Task-level Decomposition
Task extraction underscores an expansion effect: AI enables new computationally intensive activities without eliminating traditional research components, particularly in a high-constraint domain such as biomedicine. Activities most likely to benefit from maturing LLMs—ideation, model development, advanced experimentation—are precisely those growing in AI proposals. This suggests future productivity gains may be concentrated in these task clusters as AI systems evolve.
Theoretical and Practical Implications
General-Purpose Technology and Transitional Latency
Findings are consistent with GPT-derived "J-curve" models of innovation, where the introduction of a transformative technology induces a transitional phase of reorganization, process redesign, and increased coordination costs before net productivity increases accumulate. The empirical absence of broad, short-run output gains for AI in science mirrors historical experiences with other GPTs, such as electrification and IT, where learning, adaptation, and reconfiguration precede measurable returns [see Brynjolfsson et al., 2021].

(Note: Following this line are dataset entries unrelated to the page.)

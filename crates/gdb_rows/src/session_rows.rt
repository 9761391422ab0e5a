//! Sessions on recordings, to the byte: what a debugger sends, and what is said.

/// A file: a front in hexadecimal digits, so many zeros, and a back.
#[derive(Clone, Copy)]
pub struct File(pub &'static str, pub usize, pub &'static str);

/// A call: its words; the name of the one file that there is, the file, and the call of it that fails (0 for none);
/// what is sent, and the calls of the input and of the output that fail; then the status, what was said, and the
/// report.
pub struct Row {
    pub words: &'static str,
    pub name: &'static str,
    pub file: File,
    pub file_fails: u64,
    pub sent: &'static [u8],
    pub input_fails: u64,
    pub output_fails: u64,
    pub status: u8,
    pub said: &'static [u8],
    pub report: &'static str,
}

/// A recording of two cores that count one word up.
const COUNT: File = File(
    "5254520202904e808001f4211311a500b78200003301510013010140ef000004 \
    73000000130101fd2326810213040103232ea4fc232cb4fc0327c4fd832784fd \
    b307f7002326f4fe8327c4fe138507000324c1021301010367800000130101fd \
    232611022324810213040103232ea4fc232604fe6f008003b717000083a7070f \
    2324f4fe93051000032584fe97000000e78080f913070500b717000023a8e70e \
    8327c4fe938717002326f4fe0327c4fe93072000e3d2e7fc1300000013000000 \
    8320c1020324810213010103678000001400000000000000037a5200017c0101 \
    1b0d020701000000100000001c0000001cffffff18",
    4107,
    "707005270111080116160108080116160108032700271e001e1e001e01032727 \
    1e1e030211271608022f451608014d63",
);

/// A recording of two cores that write the same word, whose reduced log orders the writes and whose regulated log is
/// empty.
const HALF_ORDERED: File = File(
    "52545201 02 904e 10 0c 93025500 23205002 73000000 0303 010202 00 00 00",
    0,
    "",
);

/// The same, where each write waits for the other.
const GOES_ROUND: File = File(
    "52545201 02 904e 10 0c 93025500 23205002 73000000 0303 010202 010202 00 00",
    0,
    "",
);

/// The first two bytes of a recording.
const CUT_SHORT: File = File("5254", 0, "");

/// What a debugger sends first, and an end at once behind it.
const FIRST: &[u8] = b"+$qSupported:swbreak+#8b";

/// What is said to that.
const FEATURES: &[u8] =
    b"+$PacketSize=1000;QStartNoAckMode+;vContSupported+;swbreak+;hwbreak+;ReverseStep+;ReverseContinue+;qXf\
        er:features:read+;qXfer:threads:read+#83";

/// The name of the file.
const NAME: &str = "a.recording";

/// What a debugger sends, and is said, in a session whose bytes were worked out from the protocol.
const SENT: &[u8] =
    b"+$qSupported:swbreak+#8b$vMustReplyEmpty#3a$Hg0#00$Hg0#df-$m0,4#fd$m0,4#FDxyz\x03+$qC#b4$m0,4#fd$m4,4#\
        01$qRcmd,637574}\x03#e3$m0,4#zz$QStartNoAckMode#b0+$Hg0#00$Hg0#df$D#44$m0,4#fd";

const SAID: &[u8] =
    b"+$PacketSize=1000;QStartNoAckMode+;vContSupported+;swbreak+;hwbreak+;ReverseStep+;ReverseContinue+;qXf\
        er:features:read+;qXfer:threads:read+#83+$#00-+$OK#9a$OK#9a+$1311a500#bc+$1311a500#bc+$QC1#c5+$1311a50\
        0#bc+$b7820000#c3+$E01#a6-+$OK#9a$OK#9a$OK#9a";

/// A row in which no stream fails.
macro_rules! held {
    ($words:expr, $file:expr, $sent:expr, $status:expr, $said:expr, $report:expr) => {
        Row {
            words: $words,
            name: NAME,
            file: $file,
            file_fails: 0,
            sent: $sent,
            input_fails: 0,
            output_fails: 0,
            status: $status,
            said: $said,
            report: $report,
        }
    };
}

/// A row in which the named call of a stream fails.
macro_rules! failing {
    ($file_fails:expr, $input_fails:expr, $output_fails:expr, $status:expr, $said:expr, $report:expr) => {
        Row {
            words: NAME,
            name: NAME,
            file: HALF_ORDERED,
            file_fails: $file_fails,
            sent: FIRST,
            input_fails: $input_fails,
            output_fails: $output_fails,
            status: $status,
            said: $said,
            report: $report,
        }
    };
}

/// The rows.
pub static ROWS: [Row; 18] = [
    // In turn: an acknowledgement before anything, then a packet; an unknown one; a wrong sum, and the right one; an
    // answer that is sent again; a packet in three pieces; a sum in capitals; bytes between packets, an interrupt among
    // them; two packets in one piece; an escaped byte; a sum that is no number; no acknowledgements from here on, where
    // a wrong sum has no answer; the end, behind which nothing is heard.
    held!("a.recording", COUNT, SENT, 0, SAID, ""),
    held!("a.recording", HALF_ORDERED, FIRST, 0, FEATURES, ""),
    held!(
        "a.recording --log=reduced",
        HALF_ORDERED,
        FIRST,
        0,
        FEATURES,
        ""
    ),
    held!(
        "a.recording --log regulated",
        HALF_ORDERED,
        FIRST,
        6,
        b"+",
        "rtr: no order from 0:2 to 1:2\n"
    ),
    held!(
        "a.recording",
        CUT_SHORT,
        FIRST,
        3,
        b"+",
        "rtr: bad input, part 1\n"
    ),
    held!(
        "a.recording",
        GOES_ROUND,
        FIRST,
        4,
        b"+",
        "rtr: stuck at 1 1\n"
    ),
    held!(
        "b.recording",
        HALF_ORDERED,
        FIRST,
        3,
        b"+",
        "rtr: bad input, part 1\n"
    ),
    // Without a packet the recording isn't looked at.
    held!("a.recording", CUT_SHORT, b"+\x03$qSupported", 0, b"", ""),
    held!("", HALF_ORDERED, FIRST, 1, b"", "rtr: usage\n"),
    held!("at", HALF_ORDERED, FIRST, 1, b"", "rtr: usage\n"),
    held!(
        "a.recording --loads",
        HALF_ORDERED,
        FIRST,
        1,
        b"",
        "rtr: usage\n"
    ),
    held!(
        "a.recording --threads 1",
        HALF_ORDERED,
        FIRST,
        1,
        b"",
        "rtr: usage\n"
    ),
    held!(
        "a.recording a.recording",
        HALF_ORDERED,
        FIRST,
        1,
        b"",
        "rtr: usage\n"
    ),
    // Streams that fail: the file, the input before a packet and behind one, the output at once and at an answer.
    failing!(1, 0, 0, 8, b"+", "rtr: read fault\n"),
    failing!(0, 3, 0, 8, b"", "rtr: read fault\n"),
    failing!(0, 25, 0, 8, FEATURES, "rtr: read fault\n"),
    failing!(0, 0, 1, 9, b"", "rtr: write fault\n"),
    failing!(0, 0, 2, 9, b"+", "rtr: write fault\n"),
];
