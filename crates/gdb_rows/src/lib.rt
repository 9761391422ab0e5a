//! Worked examples of the debugger's program, as tables over its top calls.
//!
//! Tested: sixteen calls for core files, with sums that a plain program made, words that mean nothing, refusals, and
//! streams that fail. Eighteen calls have sessions, to the byte. One has whatever may come over a line; others have
//! words that mean nothing, refusals behind the first acknowledgement, an input that ends early, and streams that fail.
#![tactic(auto)]

#[cfg(test)]
mod calls;
#[cfg(test)]
mod core_rows;
#[cfg(test)]
mod core_tests;
#[cfg(test)]
mod session_calls;
#[cfg(test)]
mod session_rows;
#[cfg(test)]
mod session_tests;
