//! The sessions, one by one.

use crate::session_calls::is_held;
use crate::session_rows::ROWS;
use std::test::Fail;

#[test]
fn each_session_is_held(rt: HostRuntime) -> Result<(), Fail> {
    for row in &ROWS {
        let held = is_held(rt.alloc(), row)?;
        assert!(rt; held, "{}", row.words);
    }
    Ok(())
}
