// Wrapping for UART. A refusal leaves the lent output as it was. An output of another length than the result is refused first. The twelve
// bytes are read whole before they are written: two lent slices might overlap for all the compiler knows.
#![tactic(auto)]

ghost use Rattle.std.specs.Prelude.{◌≡◌, length};
ghost use Rattle.frame_rules.specs.Wrapping.{wrapped_of};
ghost use Rattle.frame_rules.specs.Numbers.{wrap_number, output_after, number_of};

use frame_rules::Refusal;

// The 15 bytes of a frame on UART: 0xAA, the 12, their sum modulo 256, 0xA5. Misshapen for not 12 bytes; flags are not looked at.
#[tactic(auto, unfolding(frame_rules::specs::Numbers::wrap_number))]
pub fn wrap(frame: &[u8], wrapped: &mut [u8]) -> Result<(), Refusal>
    ensures { (number_of result ≡ wrap_number frame.now (length wrapped.old))
        × (wrapped.new ≡ output_after (number_of result) (wrapped_of frame.now) wrapped.old) }
{
    if wrapped.len() != 15 {
        return Err(Refusal::Misshapen);
    }
    let inner: [u8; 12] = frame.try_into().map_err(|_| Refusal::Misshapen)?;
    wrapped[0] = 0xAA;
    wrapped[1..13].copy_from_slice(&inner);
    wrapped[13] = frame_sum::sum_of(&inner);
    wrapped[14] = 0xA5;
    Ok(())
}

Labor and Institutional Impacts
The evidence for reallocation toward human capital underscores persistent complementarities between AI and scientific labor. Rather than hollowing out expertise, current AI trajectories amplify demand for skilled coordination, integration, and interpretation, even as more routine tasks become susceptible to automation. The clustering of output improvements at the upper tail further suggests that AI, at this stage, acts more as a force multiplier for highly resourced, larger teams and may reinforce winner-take-all dynamics in access and productivity. This may have far-reaching consequences for team assembly, research incentives, and equity.

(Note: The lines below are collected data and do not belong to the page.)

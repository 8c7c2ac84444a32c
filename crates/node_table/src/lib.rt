// The handled types, in one table.
#![tactic(auto)]

ghost use Rattle.std.specs.Prelude.{◌≡◌, ◌==◌};
ghost use Rattle.std.specs.List.{find};
ghost use Rattle.node_rules.specs.Requests.{found};

use node_rules::{Addressing, HandledIn, Kind, Request};

const TABLE: [Kind; 15] = [
    Kind {
        frame_type: 0x100,
        handled: HandledIn::InNormal,
        addressing: Addressing::AsNode,
        request: Request::EnterProgramming,
    },
    Kind {
        frame_type: 0x101,
        handled: HandledIn::InNormal,
        addressing: Addressing::AsGroup,
        request: Request::WaitForRestart,
    },
    Kind {
        frame_type: 0x102,
        handled: HandledIn::InNormal,
        addressing: Addressing::AsNode,
        request: Request::WaitForRestart,
    },
    Kind {
        frame_type: 0x103,
        handled: HandledIn::InNormal,
        addressing: Addressing::AsGroup,
        request: Request::HardwareType,
    },
    Kind {
        frame_type: 0x104,
        handled: HandledIn::InNormal,
        addressing: Addressing::AsNode,
        request: Request::HardwareType,
    },
    Kind {
        frame_type: 0x105,
        handled: HandledIn::InNormal,
        addressing: Addressing::AsGroup,
        request: Request::FirmwareType,
    },
    Kind {
        frame_type: 0x106,
        handled: HandledIn::InNormal,
        addressing: Addressing::AsNode,
        request: Request::FirmwareType,
    },
    Kind {
        frame_type: 0x10D,
        handled: HandledIn::InNormal,
        addressing: Addressing::AsGroup,
        request: Request::Description,
    },
    Kind {
        frame_type: 0x10E,
        handled: HandledIn::InNormal,
        addressing: Addressing::AsNode,
        request: Request::Description,
    },
    Kind {
        frame_type: 0x10F,
        handled: HandledIn::InNormal,
        addressing: Addressing::AsGroup,
        request: Request::DeviceId,
    },
    Kind {
        frame_type: 0x111,
        handled: HandledIn::InNormal,
        addressing: Addressing::AsNode,
        request: Request::DeviceId,
    },
    Kind {
        frame_type: 0x010,
        handled: HandledIn::InProgramming,
        addressing: Addressing::AllZero,
        request: Request::LeaveProgramming,
    },
    Kind {
        frame_type: 0x020,
        handled: HandledIn::InProgramming,
        addressing: Addressing::OwnNumbers,
        request: Request::LeaveProgramming,
    },
    Kind {
        frame_type: 0x030,
        handled: HandledIn::InProgramming,
        addressing: Addressing::OwnNumbers,
        request: Request::AddressFrame,
    },
    Kind {
        frame_type: 0x040,
        handled: HandledIn::InProgramming,
        addressing: Addressing::OwnNumbers,
        request: Request::DataFrame,
    },
];

// The first row of that type among these.
fn first_of(t: u16, rows: &[Kind]) -> Option<Kind>
    ensures { result ≡ find (λ k. k.frame_type == t) rows.now }
{
    rows.iter().copied().find(|k| k.frame_type == t)
}

// The table's first row of that type.
#[tactic(auto, unfolding(node_rules::specs::Requests::found, node_rules::specs::Requests::handled_types))]
pub fn look_up(t: u16) -> Option<Kind>
    ensures { result ≡ found t }
{
    first_of(t, &TABLE)
}
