// A setup file, layer by layer: blocks, records, and the names in them. No heap, no copy of the file.
#![tactic(auto)]

pub mod blocks;
mod bytes;
mod checks;
pub mod faults;
mod kinds;
mod layout;
pub mod names;
pub mod reader;
pub mod records;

Speculations on Future Developments
The alignment between AI-enabled project activities and high-LLM-exposure tasks indicates that as LLMs mature—expanding capacity in ideation, design, and sophisticated experimental planning—latent productivity accumulations may manifest as step-changes in research throughput and novelty. However, real-world scientific production is constrained by institutional inertia, risk aversion, and domain-specific operational requirements. Therefore, ultimate efficiency gains from AI integration will hinge not just on technological advances, but also on parallel organizational and institutional adaptation.
Conclusion
This study contributes a rigorous, data-driven assessment of AI's role in scientific practice, emphasizing a reorganization of research processes and resource allocation rather than immediate productivity gains. AI-enabled science, in its present mode, is characterized by increased task complexity, larger teams, and labor-intensive integration instead of displacement. These findings reinforce the view that AI is best conceptualized as a general-purpose technology in the midst of a transitional learning phase, with second-order effects on the organization, collaboration, and incentives underlying knowledge production. Realization of latent productivity benefits from AI in science will depend critically on both technological trajectories and adaptive social-institutional processes.